Cada um dos 12 estádios da Copa terá duas redes de 50 gigabytes cada uma, todas ligadas a uma rede de fibra ótica, disse o ministro a jornalistas. “Duvido que os estádios utilizem um terço da capacidade que estamos instalando”, afirmou.
“Nem mesmo o senhor Jerome Valcke vai usar toda essa capacidade, embora ele até pudesse se fizesse muitas declarações explosivas”, cutucou o ministro, em alusão ao secretário-geral da Fifa, que no ano passou recomendou um “chute no traseiro” das autoridades brasileiras por causa da lentidão nos preparativos para o torneio.
Embora as relações de Valcke com o governo tenham melhorado depois disso, a Fifa continua preocupada com atrasos nas obras dos estádios e com insuficiências em hotéis, transportes e comunicações.

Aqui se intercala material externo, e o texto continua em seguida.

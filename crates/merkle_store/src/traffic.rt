//! What goes over the wire.

/// What went over the wire.
#[derive(Clone, Copy, Debug, PartialEq, Eq, Drop)]
pub struct Traffic {
    /// How many questions were asked, each of which has its reply.
    pub messages: usize,
    /// How many bytes were sent.
    pub sent: usize,
    /// How many bytes came.
    pub came: usize,
}

impl Traffic {
    /// Nothing.
    pub(crate) fn none() -> Self {
        Traffic {
            messages: 0,
            sent: 0,
            came: 0,
        }
    }

    /// With a message of this many bytes that was sent and one of this many more that came, each with its length.
    pub(crate) fn with(&self, sent: usize, came: usize) -> Self {
        Traffic {
            messages: self.messages.saturating_add(1),
            sent: self.sent.saturating_add(sent).saturating_add(8),
            came: self.came.saturating_add(came).saturating_add(8),
        }
    }
}
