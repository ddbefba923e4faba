//! The rows of a store's file in memory.
ghost use Rattle.std.specs.Prelude.{◌≡◌, [], IfOk, IfErr};
ghost use Rattle.store_file.specs.Faults.{IsFailure};
ghost use Rattle.store_file.specs.Logs.{Finds, OnlyReads};
ghost use Rattle.merkle_store.specs.Kept.{AreRowsOf, HasPutAll};

use merkle_digest::SipHasher;
use merkle_replica::Replica;
use merkle_search_tree::builder::{Builder, PageFormat};
use sqlite_trees::store::Store;
use std::alloc::Global;
use store_file::format::HASH_KEY_LEN;
use store_file::log::Log;
use store_file::table::{Entries, read_log};
use store_file::{Register, StoreFault};

/// The entries of a store, as a replica.
pub type EntryReplica = Replica<String, Register, SipHasher, 16>;

/// The replica of entries in any order, under this hash key.
fn replica_of(
    alloc: Global,
    entries: Entries,
    hash_key: &[u8; HASH_KEY_LEN],
) -> Result<EntryReplica, StoreFault>
    ensures puts { IfOk result (λ replica. HasPutAll [] entries.items replica.rows) }
    ensures hash_key { IfOk result (λ replica. replica.tree.hasher ≡ hash_key.now) }
    ensures failed { IfErr result IsFailure }
{
    let builder = Builder::default()
        .with_hasher(SipHasher::new(hash_key))
        .with_page_format(PageFormat::V2);
    let mut replica = Replica::new(alloc, builder);
    match replica.put_all(entries) {
        Ok(()) => Ok(replica),
        Err(_) => Err(StoreFault::Memory),
    }
}

/// The replica of the entries that the file holds, under this hash key. It takes memory linear in the table, and the time of a sort of its rows.
///
/// ```rust crates/store_side_tests/src/random_logs.rt
/// let mut replica = read_replica(alloc, &mut log, &HASH_KEY)?;
/// ```
///
/// # Errors
///
/// [`StoreFault::Database`], [`StoreFault::Malformed`] and [`StoreFault::Memory`]. Nothing is written.
pub fn read_replica<S: Store>(
    alloc: Global,
    log: &mut Log<S>,
    hash_key: &[u8; HASH_KEY_LEN],
) -> Result<EntryReplica, StoreFault>
    ensures kept { Finds S.Store log.old log.new result (λ trees replica. AreRowsOf trees replica.rows) }
    ensures hash_key { IfOk result (λ replica. replica.tree.hasher ≡ hash_key.now) }
    ensures failed { IfErr result IsFailure }
    ensures reads { OnlyReads S.Store log.old log.new result }
{
    let entries = read_log(alloc, log)?;
    replica_of(alloc, entries, hash_key)
}
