//! Devices that fail where a test says so, and runs over them.
ghost use Rattle.std.specs.Prelude.{◌≤◌, Some, IfOk, length};

use arrayvec::ArrayVec;
use mst_pair::run::{RunFault, run};
use mst_pair::sink::Sink;
use mst_pair::source::{Failed, Source};
use std::alloc::Global;
use std::io;
use std::io::{ErrorKind, Read, Write};

/// Gives the bytes of `left`, `piece` at a time, and then its end or an error.
#[derive(Drop)]
pub struct ScriptedSource<'a> {
    pub left: &'a [u8],
    pub piece: usize,
    pub fails: bool,
    pub failed: bool,
}

impl Source for ScriptedSource<'_> {
    ghost left = { λ s. Some s.left.now };

    ghost reads_left = { λ s. length s.left.now };

    ghost has_failed = { λ s. s.failed };

    fn read(&mut self, buf: &mut [u8]) -> Result<usize, Failed> {
        let count = self.left.len().min(self.piece.max(1)).min(buf.len());
        if self.fails && count == 0 {
            self.failed = true;
            return Err(Failed);
        }
        let (front, rest) = self.left.split_at(count);
        buf[..count].copy_from_slice(front);
        self.left = rest;
        Ok(count)
    }

    fn failed(&self) -> bool {
        self.failed
    }
}

/// Takes `room` bytes, one at a time, and then fails. It takes no memory.
#[derive(Drop)]
pub struct NarrowSink {
    pub taken: ArrayVec<u8, 1024>,
    pub room: usize,
    pub refuses_flush: bool,
    pub flushed: bool,
    pub failed: bool,
}

impl Sink for NarrowSink {
    ghost taken = { λ s. Some s.taken.items };

    ghost has_failed = { λ s. s.failed };

    ghost is_flushed = { λ s. s.flushed };

    fn write(&mut self, bytes: &[u8]) -> Result<usize, Failed> {
        let Some(first) = bytes.first() else {
            return Ok(0);
        };
        if self.room == 0 || self.taken.try_push(*first).is_err() {
            self.failed = true;
            return Err(Failed);
        }
        self.room -= 1;
        Ok(1)
    }

    fn flush(&mut self) -> Result<(), Failed> {
        if self.refuses_flush {
            self.failed = true;
            return Err(Failed);
        }
        self.flushed = true;
        Ok(())
    }

    fn failed(&self) -> bool {
        self.failed
    }
}

/// A device of std that answers by a list: how many bytes it moves, or an error where there is none.
#[derive(Drop)]
pub struct Listed<'a> {
    pub answers: &'a [Option<usize>],
}

impl Listed<'_> {
    /// The next answer of the list, for this many bytes; no byte where the list is over.
    fn answer(&mut self, room: usize) -> io::Result<usize>
        ensures { IfOk result (λ count. count ≤ room) }
    {
        match self.answers.split_first() {
            Some((Some(count), rest)) => {
                self.answers = rest;
                Ok((*count).min(room))
            }
            Some((None, rest)) => {
                self.answers = rest;
                Err(io::Error::from(ErrorKind::Other))
            }
            None => Ok(0),
        }
    }
}

impl Read for Listed<'_> {
    fn read(&mut self, buf: &mut [u8]) -> io::Result<usize> {
        self.answer(buf.len())
    }
}

impl Write for Listed<'_> {
    fn write(&mut self, buf: &[u8]) -> io::Result<usize> {
        self.answer(buf.len())
    }

    fn flush(&mut self) -> io::Result<()> {
        self.answer(0)?;
        Ok(())
    }
}

/// What a run over these devices answers and writes.
pub fn serve(
    alloc: Global,
    input: &[u8],
    piece: usize,
    read_fails: bool,
    room: usize,
    flush_fails: bool,
) -> (Result<(), RunFault>, ArrayVec<u8, 1024>) {
    let mut reader = ScriptedSource {
        left: input,
        piece,
        fails: read_fails,
        failed: false,
    };
    let mut writer = NarrowSink {
        taken: ArrayVec::new(),
        room,
        refuses_flush: flush_fails,
        flushed: false,
        failed: false,
    };
    let result = run(alloc, &mut reader, &mut writer);
    (result, writer.taken)
}
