// The indexes parted between two subtrees, and the digests of a letter counted.
ghost use Rattle.std.specs.Prelude.{◌≡◌, ◌≤◌, length};
ghost use Rattle.views.specs.View.{givens};
ghost use Rattle.views.specs.Passage.{under, passage_in};
ghost use Rattle.passage.specs.Digests.{digest_count};
ghost use Rattle.passage.specs.Steps.{Countable};

// How many indexes at the front are below m. By `position` the proof did not close.
pub fn below(is: &[u64], m: u64) -> usize
    ensures { (result ≡ under m is.now) × (result ≤ length is.now) }
{
    for (k, &i) in is.iter().enumerate() {
        if m <= i {
            return k;
        }
    }
    is.len()
}

// How many digests are given for n leaves, n at most 2^h, the first of them leaf p, and the indexes among them.
fn count(h: u32, n: u64, p: u64, is: &[u64]) -> u64
    requires { Countable h p is.now }
    ensures { result ≡ givens (passage_in h n p is.now) }
{
    if is.len() == 0 {
        return 1;
    }
    if h == 0 {
        return 0;
    }
    let g = h - 1;
    let half = shape::power(g);
    if n <= half {
        return count(g, n, p, is);
    }
    let mid = p + half;
    let k = below(is, mid);
    let left = count(g, half, p, &is[..k]);
    let right = count(g, n - half, mid, &is[k..]);
    left + right
}

// How many digests the letter for these indexes of n leaves has.
pub fn digest_count(n: u64, is: &[u64]) -> u64
    ensures { result ≡ digest_count n is.now }
{
    if n == 0 || shape::MOST_LEAVES < n || crate::MOST_RECORDS < is.len() {
        return 0;
    }
    count(shape::height(n), n, 0, is)
}
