// The request: a strictly rising list of indexes, 1 to 256 of them.
ghost use Rattle.std.specs.Prelude.{◌≡◌};
ghost use Rattle.order.specs.Order.{first_number};
ghost use Rattle.refusals.specs.Numbers.{number_in};
ghost use Rattle.passage.specs.Request.{request_order};

use crate::MOST_RECORDS;
use refusals::Refused;

// 19 for a list that is no request.
pub fn request_refusal(is: &[u64]) -> Result<(), Refused>
    ensures { number_in result ≡ first_number (request_order is.now) }
{
    let Some((&first, rest)) = is.split_first() else {
        return Err(Refused::NotRising);
    };
    if MOST_RECORDS < is.len() {
        return Err(Refused::NotRising);
    }
    let mut last = first;
    for &i in rest {
        if i <= last {
            return Err(Refused::NotRising);
        }
        last = i;
    }
    Ok(())
}
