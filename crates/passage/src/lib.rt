// What a passage letter is: the request tested, its indexes parted between subtrees, its digests counted.
#![tactic(auto)]

pub mod count;
pub mod request;

// What stands before the records: size and their number.
pub const HEAD: usize = 10;

// What stands before the bytes of a record: its index and its length.
pub const FRAME: usize = 12;

// The most records of a letter.
pub const MOST_RECORDS: usize = 256;
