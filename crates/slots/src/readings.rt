// How a `?` goes over a set of positions: one by one, where each is its own now, or all together, where they have the walk's.
ghost use Rattle.std.specs.Prelude.{◌≡◌, ◌≤◌, length};
ghost use Rattle.positions.specs.Positions.{holds, Empty};
ghost use Rattle.runs.specs.Readings.{Together, NextTurn, Renewed};
ghost use Rattle.steps.specs.Values.{listed};

use crate::STEP;
use crate::slots::forget;
use positions::PositionSet;
use steps::letters::Values;

// Positions that have one now, and that now.
#[derive(Clone, Copy)]
pub struct Turn {
    pub own: usize,
    pub these: PositionSet,
}

// Those of a set that are asked next.
pub fn next_turn(left: PositionSet, now: usize, vars: &Values) -> Turn
    requires { Empty left → ⊥ }
    ensures together { Together (holds left) now (listed vars.now) result.own (holds result.these) }
    ensures which { NextTurn (holds left) now (listed vars.now) result.own (holds result.these) }
{
    if vars.own == STEP {
        let own = left.earliest();
        let these = PositionSet::at(own);
        Turn { own, these }
    } else {
        Turn {
            own: now,
            these: left,
        }
    }
}

// Before the next now: in a job, whose own tests are read otherwise than those inside them, what these have told is forgotten.
pub fn renew(slots: &mut [u64], from: usize, to: usize, vars: &Values)
    requires { from ≤ to }
    ensures renewed { Renewed (listed vars.now) slots.old from to slots.new }
    ensures long { length slots.new ≡ length slots.old }
{
    if vars.own != vars.inner {
        forget(slots, from, to);
    }
}
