// What a run keeps: a set of positions for each place of the text. A star's slot has the ground that it has seen in this run, a `?`'s the positions where its
// test is true, and the slot behind it those where it is not. A slot that is not lent keeps nothing, and only makes the answer slower.
ghost use Rattle.std.specs.Prelude.{◌≡◌, ℕ, ◌≤◌, length};
ghost use Rattle.positions.specs.Positions.{holds};
ghost use Rattle.runs.specs.Slots.{slot, Stored, Cleared, Forgotten};

use positions::PositionSet;

// What the slot of a place has.
pub fn kept(slots: &[u64], i: usize) -> PositionSet
    ensures { (q : ℕ) → holds result q ≡ slot slots.now i q }
{
    if i < slots.len() {
        PositionSet::of_word(slots[i])
    } else {
        PositionSet::EMPTY
    }
}

// The slot of a place has this set from now on.
pub fn keep(slots: &mut [u64], i: usize, set: PositionSet)
    ensures { Stored slots.old i (holds set) slots.new }
{
    let word = set.word();
    if i < slots.len() {
        slots[i] = word;
    }
}

// A new run of the walk between two places: what its stars have seen is forgotten.
pub fn clear(text: &[u8], slots: &mut [u64], from: usize, to: usize)
    requires { (from ≤ to) × (to ≤ length text.now) }
    ensures cleared { Cleared text.now slots.old from to slots.new }
    ensures long { length slots.new ≡ length slots.old }
{
    for i in from..to.min(slots.len()) {
        if text[i] == b'*' {
            slots[i] = 0;
        }
    }
}

// A new value of a variable: what the part between two places has kept is forgotten, what its tests have told too.
pub fn forget(slots: &mut [u64], from: usize, to: usize)
    requires { from ≤ to }
    ensures forgotten { Forgotten slots.old from to slots.new }
    ensures long { length slots.new ≡ length slots.old }
{
    let end = to.min(slots.len());
    if from < end {
        slots[from..end].fill(0);
    }
}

Dois dos seis estádios a serem usados na Copa das Confederações – evento teste que começa em 15 de junho, em Brasília – ainda não foram inaugurados. Há expectativa de que o Brasil receba mais meio milhão de visitantes para a Copa de 2014. Muitos deles vão querer enviar emails ou postar fotos em redes sociais, o que pode congestionar as redes móveis locais.
Nas últimas semanas, as operadoras de telefonia móvel brasileiras inauguraram as primeiras redes de telefonia celular de quarta geração (4G) e o serviço estará disponível nos estádios e nas cidades-sedes da Copa das Confederações.
Mas muitos torcedores estrangeiros não terá como usá-la, porque grande parte dos smartphones dos EUA e de parte da Europa geralmente funcionam em radiofrequências como a de 700 megahertz, ao passo que o 4G brasileiro opera em 2,5 GHz.
“Quem tiver um celular de 700 MHz não poderá usar o 4G, terá de usar o 3G”, disse Bernardo. O ministro recomendou que os fãs evitem as altas tarifas de roaming internacional, comprando chips de operadoras brasileiras assim que desembarcarem no Brasil.
O número de usuários do 3G no Brasil cresceu “explosivamente” desde seu lançamento, em 2008, chegando a quase 70 milhões, e até o final de 2014 a expectativa é de 130 milhões de usuários, segundo Bernardo.